Um dos textos mais relevantes sobre a experiência da comunhão da igreja foi escrito por Lowell Bailey: “25 segredos para derrotar a crise da comunhão”.[1] O livro é dividido em 3 seções:

-       Considerações básicas sobra a mutualidade.

-       Os mandamentos recíprocos: Uns aos outros

-       Como desenvolver, no pequeno grupo e na igreja, a vida de mutualidade.

 

Bailey cuidadosamente analisou cada vez que aparece a expressão “uns aos outros” na Bíblia, e deu uma sequência interessante ao conteúdo exposto.

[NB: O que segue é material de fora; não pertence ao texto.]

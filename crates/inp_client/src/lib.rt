//! The open clients of a device: their rings, masks and clocks, and the events that they share.
//!
//! This crate is for whoever makes a device. [`Clients`] keeps up to 64 open clients. Each has a ring (`inp_ring`), the
//! masks that say which events it admits, the clock by which it reads its events, and whether it was revoked. It offers
//! a frame to each client, or to the holder of the grab alone, and hands each client what its ring has. Each event of a
//! frame that some queue holds is kept once, in a store that all clients share. It depends on `inp_model`, `inp_bits`,
//! `inp_caps` and `inp_ring`, and on the toolchain's `slab`, in which the clients lie.
//!
//! Its contract: a [`Clients`] is seen as the list of its open clients, ascending by number, and the numbers of the
//! cells that each ring holds. Each client is a `ClientView` of `specs/Client.antt` with a queue of cells. Each call
//! changes the named client alone, by the definition there that is named after the call (`after_flush`, `after_mask`),
//! and gives the exact result. What clients read of their cells is said in `specs/Read.antt`, and `proofs/OnClock.antt`
//! has a lemma for each call.
//!
//! What a client has is told exactly too: how much it may read, its clock, whether it was revoked, the words of its
//! masks, and which clients could read something ([`Clients::readable`]). These calls change nothing.
//!
//! That each event is kept once is said of the numbers (`specs/Numbers.antt`). [`Clients::stored`] is how many
//! different ones there are. By [`Clients::offer`] each event of a frame has one number, whoever takes it, which no
//! ring has when the event comes (`IsStoredOnce`). It stands behind the old numbers of each client that takes it. A
//! client that loses its queue has a SYN_DROPPED in the place of the old ones, whose number no other ring has. So the
//! different numbers grow by one at most for each event, and for each client that loses its queue. An open, a mask and
//! a revocation leave all numbers as they are. Reading, a flush and a close take numbers away and bring none. A change
//! of clock brings one where a queue is lost. Each of them leaves the other rings as they are.
//!
//! [`Clients::open`] asks of its number only that no open client has it, and puts the client in its place by number. It
//! answers `TooMany` exactly where 64 are open. [`Clients::offer`] puts into each queue what its masks admit, under the
//! grab of one client or of none, and [`Clients::take`] tells events on the client's clock.
//!
//! Only [`Clients::new`] and [`Clients::open`] take memory. Before it makes a ring of S places, an open has the store
//! grow by S + 1 cells. A ring holds at most S - 1 numbers, and while a frame is offered event by event there is at
//! most one cell more that no ring has. So there is always room for one cell (`proofs/OtherClients.antt`,
//! `spare_some`). A frame goes in one run, with a cell for each event first, only where the store has as many to spare
//! (`proofs/Runs.antt`). Lemmas for callers are in `proofs/ClientLists.antt`, `proofs/OnClock.antt` and
//! `proofs/MaskBits.antt`.
#![tactic(auto)]

mod client;
mod clients;
mod frame;
mod location;
mod masks;
mod open_refused;
mod readable;

pub use clients::Clients;
pub use open_refused::OpenRefused;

Quais são estes mandamentos recíprocos? Ele dividiu em três blocos:

 

  1. Os discípulos valorizam relacionamentos. “uns aos outros”:

·       Amem-se uns aos outros – Jo 13.34

·       Aceitem-se uns aos outros – Rm 15.07

·       Saúdem-se uns aos outros – 1 Co 16-20b

·       Tenham cuidado uns dos outros – 1 Co 12.24b-25

·       Sujeitai-vos uns aos outros – Ef 5.21

·       Suportai-vos uns ao outros – Ef 4.3; Cl 3.12-14

 

  1. Os discípulos protegem o corpo

·       Não tenham inveja – Gl 5.22-26

·       Não julguem – Rm 14-13

·       Não se queixem – Tg 5.9

·       Não tratem mal – Tg 4.11

·       Não provoquem -  Gl 5.22-26

·       Não devorem – Gl 5.14-15

·       Não mintam – Gl 3.9-10

·       Confessem pecados uns aos outros – Tg 5.16

·       Perdoem – Ef 4.31

 

  1. Os discípulos contribuem para o crescimento uns dos outros

·       Edifiquem-se uns aos outros – I Tss 5.11; Rm 4.19

·       Ensinem – Cl. 3.16

·       Encoragem – Hb 3.12-13

·       Aconselhem – Rm 15.14

·       Falem com cânticos Cl 3.16; Ef 5.18

 

  1. Os discípulos servem uns aos outros

·       Ministrem – I Pe 4.10

·       Levem os fardos – Gl 6.2

·       Praticai a hospitalidade – 1 Pe 4.7-9

·       Sejam bondosos – Ef 4.31-32

·       Orem Tg 5.16

Todos são mandamentos recíprocos. De mutualidade. Uns aos outros. Nós precisamos de cuidado, mas da mesma forma, precisamos cuidar.

 

3.     Cuidado e atenção nem sempre é algo presente. “E sabeis também, vós, ó filipenses, que, no início do evangelho, quando parti da Macedônia, nenhuma igreja se associou comigo no tocante a dar e receber, senão unicamente vós outros.” (Fp 4.15)

 

Podemos perceber um pouco de tristeza no que ele fala, e um pouco de observação. Ele saiu para a obra missionária, mas nenhuma igreja percebeu a necessidade que ele tinha de recursos para continuar a obra, exceto a Igreja de Filipenses.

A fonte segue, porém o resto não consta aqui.